■ **Task details**
Please report how many lines in the records below contain "free". Reply with the number alone.

[Working data — start]

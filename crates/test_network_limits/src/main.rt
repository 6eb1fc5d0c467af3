// Prints the refusal number at each limit of refusals 1 and 3 to 6: at it, one short of it and one beyond it, of both signs, and the extremes of 64 bits; then the weights of standard
// deviations, about the largest and the smallest weight.
// A line gives the case and then the number; documents 01 and 02 decide what stands in `stdout`.
#![tactic(auto)]

mod antennas;
mod positions;
mod variants;

use network::{Network, Record, Unit};
use variants::{each, with};

// Stays: private here, beside the like in other test programs: each stands alone, and a shared function could promise nothing of what it prints.
fn print_field(v: i64) {
    io::write_all(1, b" ");
    if v < 0 {
        io::write_all(1, b"-");
    }
    io::print_decimal(1, v.unsigned_abs());
}

fn print_fields(list: &[i64]) {
    for v in list {
        print_field(*v);
    }
}

// The number of what was judged; 99 where nothing was.
fn print_answer(answer: Option<u64>) {
    io::write_all(1, b": ");
    io::print_decimal(1, answer.unwrap_or(99));
    io::write_all(1, b"\n");
}

// ---- refusal 1

// 34 stations at 0: free ones, then height ones, the others known.
fn list_of(free: u8, height: u8) -> [i64; 136] {
    let mut list = [0i64; 136];
    for s in 0..34 {
        list[s * 4] = kind_at(s, usize::from(free), usize::from(height));
    }
    list
}

fn kind_at(s: usize, free: usize, height: usize) -> i64 {
    if s < free {
        return 2;
    }
    if s - free < height {
        return 3;
    }
    1
}

fn print_count(n: u8, what: &[u8]) {
    io::print_decimal(1, u64::from(n));
    io::write_all(1, what);
}

// The first stations of such a list, with `over` words more.
fn list(free: u8, height: u8, known: u8, over: u8) {
    let words = list_of(free, height);
    io::write_all(1, b"open ");
    print_count(free, b" free ");
    print_count(height, b" height ");
    print_count(known, b" known ");
    print_count(over, b" words over");
    let count = usize::from(free) + usize::from(height) + usize::from(known);
    let end = count * 4 + usize::from(over);
    print_answer(words.get(..end).map(|w| network::open_no(w)));
}

// Counts of stations and unknowns, and words over.
// Stays: here and wherever several numbers change from case to case, one call a case: as rows of an array they would be as many lines.
fn lists() {
    list(0, 0, 0, 0);
    list(0, 0, 0, 1);
    list(0, 0, 0, 3);
    list(0, 1, 0, 0);
    list(0, 1, 0, 1);
    list(0, 1, 0, 2);
    list(0, 1, 0, 3);
    list(0, 32, 0, 0);
    list(0, 32, 0, 1);
    list(0, 33, 0, 0);
    list(1, 0, 31, 0);
    list(1, 0, 32, 0);
    list(0, 0, 1, 0);
    list(0, 0, 32, 0);
    list(16, 0, 0, 0);
    list(15, 3, 0, 0);
    list(16, 1, 0, 0);
    list(16, 0, 16, 0);
    list(17, 0, 0, 0);
    list(0, 0, 0, 2);
}

// A station of each kind, before a height one.
fn kind(number: i64) {
    let list = [number, 0, 0, 0, 3, 0, 0, 0];
    io::write_all(1, b"open");
    print_fields(&list);
    print_answer(Some(network::open_no(&list)));
}

fn kinds() {
    for number in [-1, 0, 1, 2, 3, 4, i64::MIN, i64::MAX] {
        kind(number);
    }
}

// A free station.
fn coordinate(components: [i64; 3]) {
    let [east, north, up] = components;
    let list = [2, east, north, up];
    io::write_all(1, b"open");
    print_fields(&list);
    print_answer(Some(network::open_no(&list)));
}

fn coordinates() {
    let limits = [
        i64::MIN,
        -500000001,
        -500000000,
        500000000,
        500000001,
        i64::MAX,
    ];
    each(&[0, 1, 2], &limits, |at, v| coordinate(with([0; 3], at, v)));
}

// ---- refusals 3 to 6

// Three stations: known and free at the two ends of the range, height between them.
fn stations() -> Network {
    let list = [
        1, -500000000, -500000000, -500000000, 2, 500000000, 500000000, 500000000, 3, 0, 0, 0,
    ];
    network::network_of(&list)
}

// The number of a record over them.
fn judged(r: Record) -> Option<u64> {
    judged_over(stations(), r)
}

// The number of a record over these stations, unless they themselves break the rules.
fn judged_over(net: Network, r: Record) -> Option<u64> {
    if !network::network_fits(net) {
        return None;
    }
    match network::judge_record(net, r) {
        Ok(()) => Some(0),
        Err(refusal) => Some(u64::from(refusal)),
    }
}

// Weights in range: EE, EN, EU, NN, NU, UU.
const GOOD: [i64; 6] = [100, 0, 0, 100, 0, 100];

// All of a baseline but its antennas' heights.
fn print_baseline(from: i64, to: i64, observed: [i64; 3], weights: [i64; 6]) {
    io::write_all(1, b"B");
    print_fields(&[from, to]);
    print_fields(&observed);
    print_fields(&weights);
}

fn baseline(from: i64, to: i64, observed: [i64; 3], weights: [i64; 6]) {
    print_baseline(from, to, observed, weights);
    let b = network::baseline_of(from, to, observed, weights, [0, 0]);
    print_answer(judged(b));
}

// A baseline and a position in range throughout but for these weights.
fn weights(w: [i64; 6]) {
    baseline(1, 3, [500000000; 3], w);
    positions::weights(w);
}

// From and to, one of them in range: in the list, outside it, equal.
const ENDS: [(i64, i64); 19] = [
    // in range throughout
    (1, 3),
    // from
    (i64::MIN, 3),
    (-1, 3),
    (0, 3),
    (2, 3),
    (3, 3),
    (4, 3),
    (32, 3),
    (33, 3),
    (i64::MAX, 3),
    // to
    (1, i64::MIN),
    (1, -1),
    (1, 0),
    (1, 1),
    (1, 2),
    (1, 4),
    (1, 32),
    (1, 33),
    (1, i64::MAX),
];

fn baseline_ends() {
    for (from, to) in ENDS {
        baseline(from, to, [500000000; 3], GOOD);
    }
}

// Each of these numbers in each observed component, with `other` in the other two.
fn each_observed(from: i64, to: i64, other: i64, numbers: &[i64]) {
    each(
        &[0, 1, 2],
        numbers,
        |at, v| baseline(from, to, with([other; 3], at, v), GOOD),
    );
}

// Observed components, both ways between the outermost stations.
fn baseline_observed() {
    each_observed(1, 2, 1000000000, &[1000000000, 1000000001, i64::MAX]);
    each_observed(2, 1, -1000000000, &[-1000000000, -1000000001, i64::MIN]);
}

// Each of these numbers in place of each of these weights.
fn each_weight(others: [i64; 6], indices: &[usize], numbers: &[i64]) {
    each(indices, numbers, |at, w| weights(with(others, at, w)));
}

// Weights on the diagonal.
fn diagonals() {
    let limits = [i64::MIN, -1, 0, 1, 10000, 10001, i64::MAX];
    each_weight(GOOD, &[0, 3, 5], &limits);
}

// Off-diagonal weights: in range with a minor that is 0, and out of range.
fn off_diagonals() {
    let limits = [
        i64::MIN,
        -10001,
        -10000,
        -9999,
        9999,
        10000,
        10001,
        i64::MAX,
    ];
    each_weight([10000, 0, 0, 10000, 0, 10000], &[1, 2, 4], &limits);
}

// Minors and determinants about 0.
fn minors() {
    each_weight(GOOD, &[1, 2, 4], &[-100, -99, 99, 100]);
    // determinant
    weights([100, -60, -60, 100, -60, 100]);
    weights([100, -40, -40, 100, -40, 100]);
    // the second leading minor and the determinant are 1
    weights([2, 5, 0, 13, 0, 1]);
    // the second leading minor is 0, and -1
    weights([1, 1, 0, 1, 0, 1]);
    weights([1, 2, 0, 3, 0, 1]);
    // the second leading minor is 1, the determinant 0
    weights([1, 0, 1, 1, 0, 1]);
    weights([1, 0, 0, 1, 1, 1]);
    // the second leading minor is negative, the determinant positive
    weights([1, 2, 2, 1, 2, 1]);
}

// Each entry of the adjugate's diagonal at 16 determinants, and one more.
fn adjugates() {
    // adjugate E is 16 determinants
    weights([1, 15, 0, 240, 0, 1]);
    // and one more
    weights([1, 4, 0, 17, 0, 1]);
    // adjugate N
    weights([240, 15, 0, 1, 0, 1]);
    // and one more
    weights([17, 4, 0, 1, 0, 1]);
    // adjugate U
    weights([1, 0, 0, 240, 15, 1]);
    // and one more
    weights([1, 0, 0, 17, 4, 1]);
}

// Misclosures in each component.
fn baseline_misclosures() {
    each_observed(
        1,
        3,
        500000000,
        &[499899999, 499900000, 500100000, 500100001],
    );
}

// Where several apply, the lowest number wins.
fn baseline_orders() {
    // lowest wins: 3 to 6
    baseline(0, 3, [i64::MAX, 0, 500000000], [0, 100, 0, 100, 0, 100]);
    // 4 to 6
    baseline(1, 3, [i64::MAX, 0, 500000000], [100, 100, 0, 100, 0, 100]);
    // 5 and 6
    baseline(1, 3, [500000000, 0, 500000000], [100, 100, 0, 100, 0, 100]);
    // 6 alone
    baseline(1, 3, [500000000, 0, 500000000], GOOD);
}

fn height(from: i64, to: i64, up: i64, weight: i64) {
    io::write_all(1, b"H");
    print_fields(&[from, to, up, weight]);
    let h = network::height_of(from, to, up, weight);
    print_answer(judged(h));
}

fn height_ends() {
    for (from, to) in ENDS {
        height(from, to, 500000000, 100);
    }
}

// Observed components, both ways between the outermost stations.
fn height_observed() {
    // observed 1 to 2
    height(1, 2, 1000000000, 100);
    height(1, 2, 1000000001, 100);
    height(1, 2, i64::MAX, 100);
    // observed 2 to 1
    height(2, 1, -1000000000, 100);
    height(2, 1, -1000000001, 100);
    height(2, 1, i64::MIN, 100);
}

fn height_weights() {
    for weight in [i64::MIN, -1, 0, 1, 10000, 10001, i64::MAX] {
        height(1, 3, 500000000, weight);
    }
}

// Misclosures in each component.
fn height_misclosures() {
    for up in [499899999, 499900000, 500100000, 500100001] {
        height(1, 3, up, 100);
    }
}

// Where several apply, the lowest number wins.
fn height_orders() {
    // lowest wins: 3, 4, 6
    height(1, 0, i64::MIN, 0);
    // 4 and 6
    height(1, 3, i64::MIN, 0);
    // 6 alone
    height(1, 3, 0, 100);
}

// ---- the scale of weights

// The weight of a standard deviation in units.
fn weight(deviation: u64) {
    io::write_all(1, b"deviation ");
    io::print_decimal(1, deviation);
    io::write_all(1, b":");
    print_field(Unit::weight_of(deviation));
    io::write_all(1, b"\n");
}

// "Weight 1 means a standard deviation of 10 mm (1,000 units); 1 mm is weight 100": proved of the constants.
fn named_weights() {
    let ten = Unit::weight_of(Unit::DEVIATION_AT_WEIGHT_ONE);
    check::expect(ten == 1);
    let one = Unit::weight_of(Unit::MILLIMETRE);
    check::expect(one == Unit::WEIGHT_AT_MILLIMETRE);
}

fn deviations() {
    for deviation in [
        0,
        1,
        // the largest weight that a record takes
        9,
        10,
        11,
        Unit::MILLIMETRE,
        Unit::DEVIATION_AT_WEIGHT_ONE,
        // the smallest
        1414,
        1415,
        2000,
        2001,
        u64::MAX,
    ] {
        weight(deviation);
    }
}

fn main() {
    lists();
    kinds();
    coordinates();
    io::write_all(1, b"E");
    print_answer(judged(Record::Empty));
    baseline_ends();
    baseline_observed();
    diagonals();
    off_diagonals();
    minors();
    adjugates();
    baseline_misclosures();
    baseline_orders();
    antennas::run();
    positions::run();
    height_ends();
    height_observed();
    height_weights();
    height_misclosures();
    height_orders();
    named_weights();
    deviations();
}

[Working data — finish]

■ **Answer**
12